Content provided courtesy of USAA.
It's best to begin saving for retirement when you're years away from it — at the start of your working years or even sooner.
But, let's face it, not everyone does.
Indeed, the Employee Benefit Research Institute's 2015 Retirement Confidence Survey showed more than half of U.S. workers' household savings and investments have less than $25,000 saved or invested, excluding primary home value and defined benefit plans.
If you're down the road in your career but have been lax in saving for retirement, you're clearly not alone. But don't let that lull you into inactivity.
Now is the time to get serious about your retirement. Consider these three tips from USAA financial planning professionals, then come up with a plan for the future and act on it.

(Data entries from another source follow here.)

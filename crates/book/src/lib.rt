//! What a book is and what the calls on it return: its head, the sizes that are allowed, and the damage that a head shows.
#![tactic(auto)]

ghost use Rattle.std.specs.Prelude.{◌≡◌, ◌≤◌};
ghost use Rattle.trie.specs.SlotCounts.{most_slots};
ghost use Rattle.book.specs.Returns.{number_of, cell_frequency, head_damaged};
ghost use Rattle.book.specs.Enter.{cell_with_frequency};
ghost use Rattle.book.specs.Areas.{areas_allowed};

use lines::LineError;
use utf8::Malformed;

// The refusals of document 01's table, each by its number. A call that is done has the number 0.
#[derive(Clone, Copy, Debug, PartialEq, Eq)]
pub enum Refusal {
    // A book area outside the allowed sizes, or a token area that is not a whole number of tokens.
    BadAreas = 1,
    // A text over 16,777,215 bytes.
    TooLong = 2,
    // Malformed UTF-8.
    Malformed = 3,
    // A frequency malformed or over 4,294,967,295.
    BadFrequency = 4,
    // The total would pass 4,294,967,295.
    TotalTooLarge = 5,
    // A new word, and every record taken.
    RecordsFull = 6,
    // A new word, and too few slots.
    SlotsFull = 7,
    // A damaged book met.
    Damaged = 8,
    // A work area shorter than the sentence's characters + 1.
    WorkTooShort = 9,
    // A block has more edges than the edge area.
    EdgesFull = 10,
    // More tokens than places.
    TokensFull = 11,
}

// A text that is no UTF-8.
impl From<Malformed> for Refusal {
    ghost use Rattle.book.specs.declared.Refusal.TheVariants.{Malformed};

    ghost from_gives = { λ _ r. r ≡ Malformed };

    fn from(_e: Malformed) -> Refusal {
        Refusal::Malformed
    }
}

// A line that is no UTF-8, or whose frequency is none.
impl From<LineError> for Refusal {
    ghost use Rattle.book.specs.Returns.{refusal_of_line};

    ghost from_gives = { λ e r. r ≡ refusal_of_line e };

    fn from(e: LineError) -> Refusal {
        match e {
            LineError::Malformed => Refusal::Malformed,
            LineError::BadFrequency => Refusal::BadFrequency,
        }
    }
}

// A book's head.
#[derive(Clone, Copy, Debug, PartialEq, Eq)]
pub struct Head {
    // Records used.
    pub records: u64,
    // Slots used.
    pub slots: u64,
    // The node number that the next new node gets.
    pub next: u64,
    // The sum of the frequencies of the words held.
    pub total: u64,
}

// What stopped a load: the refusal, and its line. Lines are counted from 1; 0 is the text as a whole.
#[derive(Clone, Copy, Debug, PartialEq, Eq)]
pub struct LoadError {
    pub refusal: Refusal,
    pub line: usize,
}

// How a word enters: into a record that it has, or as a new word that takes so many slots and nodes. Both carry the total
// that follows.
#[derive(Clone, Copy)]
pub enum Entering {
    Replace(usize, u64),
    Insert(u64, u64, u64),
}

// The number of a call that is done or refused, as document 01's table has it.
pub fn number_of(outcome: Result<(), Refusal>) -> u32
    ensures { result ≡ number_of outcome }
{
    match outcome {
        Ok(()) => 0,
        Err(refusal) => refusal as u32,
    }
}

// The most entries of a root table.
const MOST_ENTRIES: usize = 65_536;

// The most records.
const MOST_RECORDS: usize = 1_048_576;

// The longest text that is read.
pub const LONGEST_TEXT: usize = 16_777_215;

// The greatest frequency, and the greatest total.
pub const GREATEST_TOTAL: u64 = 4_294_967_295;

// The greatest number of the next node: the last that is given out is the one before it.
pub const GREATEST_NEXT: u64 = 16_777_215;

// Whether the lengths of a book's areas are allowed: a number for each root entry, two for each slot, one for each record, and
// its logarithm.
pub fn is_allowed(roots: usize, slots: usize, records: usize, logarithms: usize) -> bool
    ensures { result ≡ areas_allowed roots slots records logarithms }
{
    (1 <= roots)
        & (roots <= MOST_ENTRIES)
        & trie::is_slot_count(slots / 2)
        & (slots % 2 == 0)
        & (1 <= records)
        & (records <= MOST_RECORDS)
        & (logarithms == records)
}

// 2^32: a record's frequency is what is below it.
const FREQUENCIES: u64 = 0x1_0000_0000;

// The frequency in a record's cell.
pub fn cell_frequency(cell: u64) -> u32
    ensures { result ≡ cell_frequency cell }
{
    (cell % FREQUENCIES) as u32
}

// A record's cell with another frequency.
pub fn cell_with_frequency(cell: u64, frequency: u32) -> u64
    ensures { result ≡ cell_with_frequency cell frequency }
{
    cell / FREQUENCIES * FREQUENCIES + frequency as u64
}

// Whether a head is damaged, in a book of so many records and slots.
pub fn is_head_damaged(head: Head, records: usize, slots: usize) -> bool
    requires { slots ≤ most_slots }
    ensures { result ≡ head_damaged head records slots }
{
    if (slots as u64) < head.slots {
        return true;
    }
    ((records as u64) < head.records)
        | (slots as u64 * 6 < head.slots * 8)
        | (GREATEST_TOTAL < head.total)
        | (head.next < 1)
        | (GREATEST_NEXT < head.next)
}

- Face the facts. While it may be tempting to bury your head in the sand, don't waste any more time. You've come to the realization that your retirement needs attention, so make the effort to understand your financial situation. Use retirement calculators or talk to a financial planner to determine just how far behind you are and how you can catch up.

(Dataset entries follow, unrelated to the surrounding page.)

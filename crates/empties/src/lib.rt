//! Whether a new word finds the slots that it needs. 01 asks for so many empty slots after the test of the head's counts, which
//! may be wrong in a book that was not filled here; so they are counted, no further than has to be.
#![tactic(auto)]

ghost use Rattle.std.specs.Prelude.{◌≡◌, ◌-◌, ◌/◌, ◌%◌, ◌≤◌, leb, length};
ghost use Rattle.trie.specs.Trie.{keys_of};
ghost use Rattle.trie.specs.SlotCounts.{most_slots};
ghost use Rattle.book.specs.Returns.{greatest_next};
ghost use Rattle.book.specs.Enter.{empty_slots};

// The nodes for which a search for empty slots starts at one place.
const STAY: u64 = 1_024;

// The golden ratio's share of 2^32: its multiples spread evenly over it.
const GOLDEN: u64 = 0x9E37_79B9;

const PARTS: u64 = 0x1_0000_0000;

// How many empty slots are still wanted after these, of so many. It looks no further than it has to.
fn still_wanted(slots: &[u64], count: u64) -> u64
    requires { length slots.now % 2 ≡ 0 }
    ensures { result ≡ count - empty_slots (keys_of slots.now) }
{
    let mut left = count;
    for i in 0..slots.len() / 2 {
        if left == 0 {
            return 0;
        }
        if trie::key_at(slots, i) == 0 {
            left -= 1;
        }
    }
    left
}

// Whether so many slots are empty, or more: looked for from the start on, and then before it.
pub fn has_empty(slots: &[u64], start: usize, count: u64) -> bool
    requires { (start ≤ length slots.now / 2) × (length slots.now % 2 ≡ 0) }
    ensures { result ≡ leb count (empty_slots (keys_of slots.now)) }
{
    let cut = 2 * start;
    let left = still_wanted(&slots[cut..], count);
    still_wanted(&slots[..cut], left) == 0
}

// Where a new word's search for empty slots starts: a place that goes far each time it moves, so that a long run of taken slots
// is not passed again for every new word. It stays for some nodes, since a search that is much like the last one is quicker.
pub fn search_start(next: u64, slots: usize) -> usize
    requires { (next ≤ greatest_next) × (slots ≤ most_slots) }
    ensures { result ≤ slots }
{
    let part = (next / STAY + 1) * GOLDEN % PARTS;
    (part * slots as u64 / PARTS) as usize
}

- Don't despair. You may have missed opportunities to fund your retirement, but you can still make a big difference. Get in the mindset of action, rather than regret or shame. Many assume they missed the retirement boat and plan to work until they drop. But changes in health, family, employment and other life situations could limit your ability to work in your golden years, so don't count on it.
- Act now. If you haven't been saving throughout your career, the need to put down money for retirement is even greater now. You may need to make lifestyle changes, such as downsizing or doing without luxuries, to step up your contributions to your 401(k) or other retirement funds such as individual retirement accounts. Decide how you're going to fund your retirement and begin immediately with your catch-up plan.